I've also seemingly run into this, with multiple pods stuck in terminating, including one pod which is no longer visible anywhere in my infrastructure but still running as a ghost (it serves requests and I can see requests being served even with a deployment scale of zero).

I have zero visibility nor control over this pod and ask how I am supposed to troubleshoot a situation like this without shutting down all nodes forcefully?

[donbowman]

I've also seemingly run into this, with multiple pods stuck in terminating, including one pod which is no longer visible anywhere in my infrastructure but still running as a ghost (it serves requests and I can see requests being served even with a deployment scale of zero).

I have zero visibility nor control over this pod and ask how I am supposed to troubleshoot a situation like this without shutting down all nodes forcefully?

you'll have to access docker on the node.
You can use my dink (https://github.com/Agilicus/dink) which will bring up a pod w/ a shell w/ docker access, or ssh to the pod.
docker ps -a
docker stop ####

good luck.

[peppy]

Thanks for the direction.

I was eventually able to solve this, but still a bit puzzled how it could happen (for me the pod was completely invisible). As it was in production things were a bit hectic and I wasn't able to perform diagnostics, but if it happens again hopefully I can make a better bug report.

[sciffer]

Seeing a similar symptom, pods stuck in terminating(interestingly they all have exec type probe for readiness/liveliness). Looking at the logs I can see: kubelet[1445]: I1022 10:26:32.203865 1445 prober.go:124] Readiness probe for "test-service-74c4664d8d-58c96_default(822c3c3d-082a-4dc9-943c-19f04544713e):test-service" failed (failure): OCI runtime exec failed: exec failed: cannot exec a container that has stopped: unknown. This message repeats itself forever and changing the exec probe to tcpSocket seems to allow the pod to terminate(based on a test, will follow up on it). The pod seems to have one of the containers "Running" but not "Ready", the logs for the "Running" container does show as if the service stopped.

[discanto]

This happens on containerd 1.4.0 when node load is high and vm.max_map_count is set to a higher value than the default, the containerd-shim doesnt drain the stdout fifo and blocks waiting for it to be drained, while dockerd fails to ge the event/acknowledge from containerd that the processes are gone.

[jingxu97]

@discanto thanks for sharing this information.

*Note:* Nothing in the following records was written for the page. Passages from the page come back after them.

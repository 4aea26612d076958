// The top call: reads a script, searches the races of drivers that leave a rule out, and writes what is asked for.
ghost use Rattle.std.specs.Prelude.{◌≡◌, ◌≤◌, false, length, map, string_bytes};
ghost use Rattle.hm_edge.specs.Traffic.{traffic};
ghost use Rattle.hm_edge.specs.Writing.{WriteFaulted};
ghost use Rattle.hm_history.specs.Kernel.Run.{run};
ghost use Rattle.hm_race_top.specs.Telling.{IsSentOn};
ghost use Rattle.hm_script.specs.Built.{has_drain};
ghost use Rattle.hm_flaw_top.specs.Withouts.{HasFound, Searches, Withouts};

use crate::text::{Task, task_of};
use crate::told::tell;
use hm_base::Script;
use hm_edge::{RaceEnd, Status, read_script};
use hm_history::{Entry, StepError};
use hm_io::{Sink, Source};
use hm_race_top::has_drain;
use hm_race_top::run::set_up_of;
use hm_race_top::telling::write_telling;
use std::alloc::Global;

/// Searches the races after the run of a script whose schedule does not end in `drain`, and writes what is asked for.
fn search_after<K: Sink>(
    alloc: Global,
    script: &Script,
    set_up: &[Entry],
    task: Task,
    sink: &mut K,
) -> Status
    requires races { has_drain script.now.schedule ≡ false }
    requires set_up { set_up.now ≡ run script.now }
    requires few { length set_up.now ≤ 2000000 }
    ensures found { HasFound task script.now (K.state sink.old) (K.state sink.new) result }
    ensures faults { WriteFaulted (K.state sink.old).faults (K.state sink.new).faults result }
    ensures flushed { IsSentOn (K.state sink.new).pending result }
{
    hm_history::laws::runs_are_due();
    match tell(alloc, script, set_up, task) {
        Ok(telling) => write_telling(alloc, &telling, sink),
        Err(StepError::Full(_)) => Status::HistoryFull,
        Err(StepError::NoMemory) => Status::NoMemory,
    }
}

/// Makes the set-up of a script whose schedule does not end in `drain`, searches the races after it, and writes what is
/// asked for.
fn search_races<K: Sink>(alloc: Global, script: Script, task: Task, sink: &mut K) -> Status
    requires { has_drain script.schedule ≡ false }
    ensures found { HasFound task script (K.state sink.old) (K.state sink.new) result }
    ensures faults { WriteFaulted (K.state sink.old).faults (K.state sink.new).faults result }
    ensures flushed { IsSentOn (K.state sink.new).pending result }
{
    match set_up_of(alloc, script) {
        Ok((script, set_up)) => search_after(alloc, &script, set_up.as_slice(), task, sink),
        Err(StepError::Full(_)) => Status::HistoryFull,
        Err(StepError::NoMemory) => Status::NoMemory,
    }
}

/// Searches the races of a script, and writes what is asked for.
fn find<K: Sink>(alloc: Global, script: Script, task: Task, sink: &mut K) -> Status
    ensures found { HasFound task script (K.state sink.old) (K.state sink.new) result }
    ensures faults { WriteFaulted (K.state sink.old).faults (K.state sink.new).faults result }
    ensures flushed { IsSentOn (K.state sink.new).pending result }
{
    if has_drain(script.schedule.as_slice()) {
        Status::Race(RaceEnd::Drained)
    } else {
        search_races(alloc, script, task, sink)
    }
}

/// Reads a script, searches its races, and writes what is asked for.
fn read_and_find<S: Source, K: Sink>(
    alloc: Global,
    task: Task,
    source: &mut S,
    sink: &mut K,
) -> Status
    ensures { Searches task (traffic S.state K.state source.old source.new sink.old sink.new) result }
{
    match read_script(alloc, source) {
        Ok(script) => find(alloc, script, task, sink),
        Err(status) => status,
    }
}

/// Reads a script from the source, and writes to the sink what the words after the program's name ask for: a shortest
/// race in which a driver that leaves a rule out does what it must not do, or a line for each driver. The script's
/// schedule is the set-up, which the right driver makes; from there every actor may take its turn at any time. A search
/// knows of no more states than the words say. It waits for nobody.
pub fn without<S: Source, K: Sink>(
    alloc: Global,
    words: &[String],
    source: &mut S,
    sink: &mut K,
) -> Status
    ensures { Withouts (map string_bytes words.now)
        (traffic S.state K.state source.old source.new sink.old sink.new) result }
{
    match task_of(words) {
        Ok(task) => read_and_find(alloc, task, source, sink),
        Err(_) => Status::Usage,
    }
}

Is the problem being fixed or tracked?

@Random-Liu

[jingxu97]

The bug has opened more than 3 years. Pods stuck on terminating could be caused by a variety of reasons. When reporting your case, it would be very helpful to post some of the kubelet logs to see whether the pods stuck.

[jicki]

@jingxu97

not a mountpoint

UnmountVolume.TearDown failed for volume

because: directory not empty

Dec 23 02:32:43 dn005 kubelet[27247]: W1223 02:32:43.224034   27247 mount_helper_common.go:65] Warning: "/var/lib/kubelet/pods/537d3332-69bf-4e83-b1b9-21aa84dae641/volumes/kubernetes.io~glusterfs/pvc-c4bf8313-e983-458d-a5ed-59e455fd9c69" is not a mountpoint, deleting
Dec 23 02:32:43 dn005 kubelet[27247]: E1223 02:32:43.224288   27247 nestedpendingoperations.go:301] Operation for "{volumeName:kubernetes.io/glusterfs/537d3332-69bf-4e83-b1b9-21aa84dae641-pvc-c4bf8313-e983-458d-a5ed-59e455fd9c69 podName:537d3332-69bf-4e83-b1b9-21aa84dae641 nodeName:}" failed. No retries permitted until 2020-12-23 02:34:45.224234987 +0000 UTC m=+6716758.844223277 (durationBeforeRetry 2m2s). Error: "UnmountVolume.TearDown failed for volume \"user-data\" (UniqueName: \"kubernetes.io/glusterfs/537d3332-69bf-4e83-b1b9-21aa84dae641-pvc-c4bf8313-e983-458d-a5ed-59e455fd9c69\") pod \"537d3332-69bf-4e83-b1b9-21aa84dae641\" (UID: \"537d3332-69bf-4e83-b1b9-21aa84dae641\") : remove /var/lib/kubelet/pods/537d3332-69bf-4e83-b1b9-21aa84dae641/volumes/kubernetes.io~glusterfs/pvc-c4bf8313-e983-458d-a5ed-59e455fd9c69: directory not empty"

[JoseFMP]

In the meantime I upgraded to 1.18.10 and I did not see these issues again. Seems.

[ehashman]

Echoing @jingxu97, there are a lot of different issues being discussed in this thread. There are many possible reasons why a Pod could get stuck in terminating. We know this is a common issue with many possible root causes! :)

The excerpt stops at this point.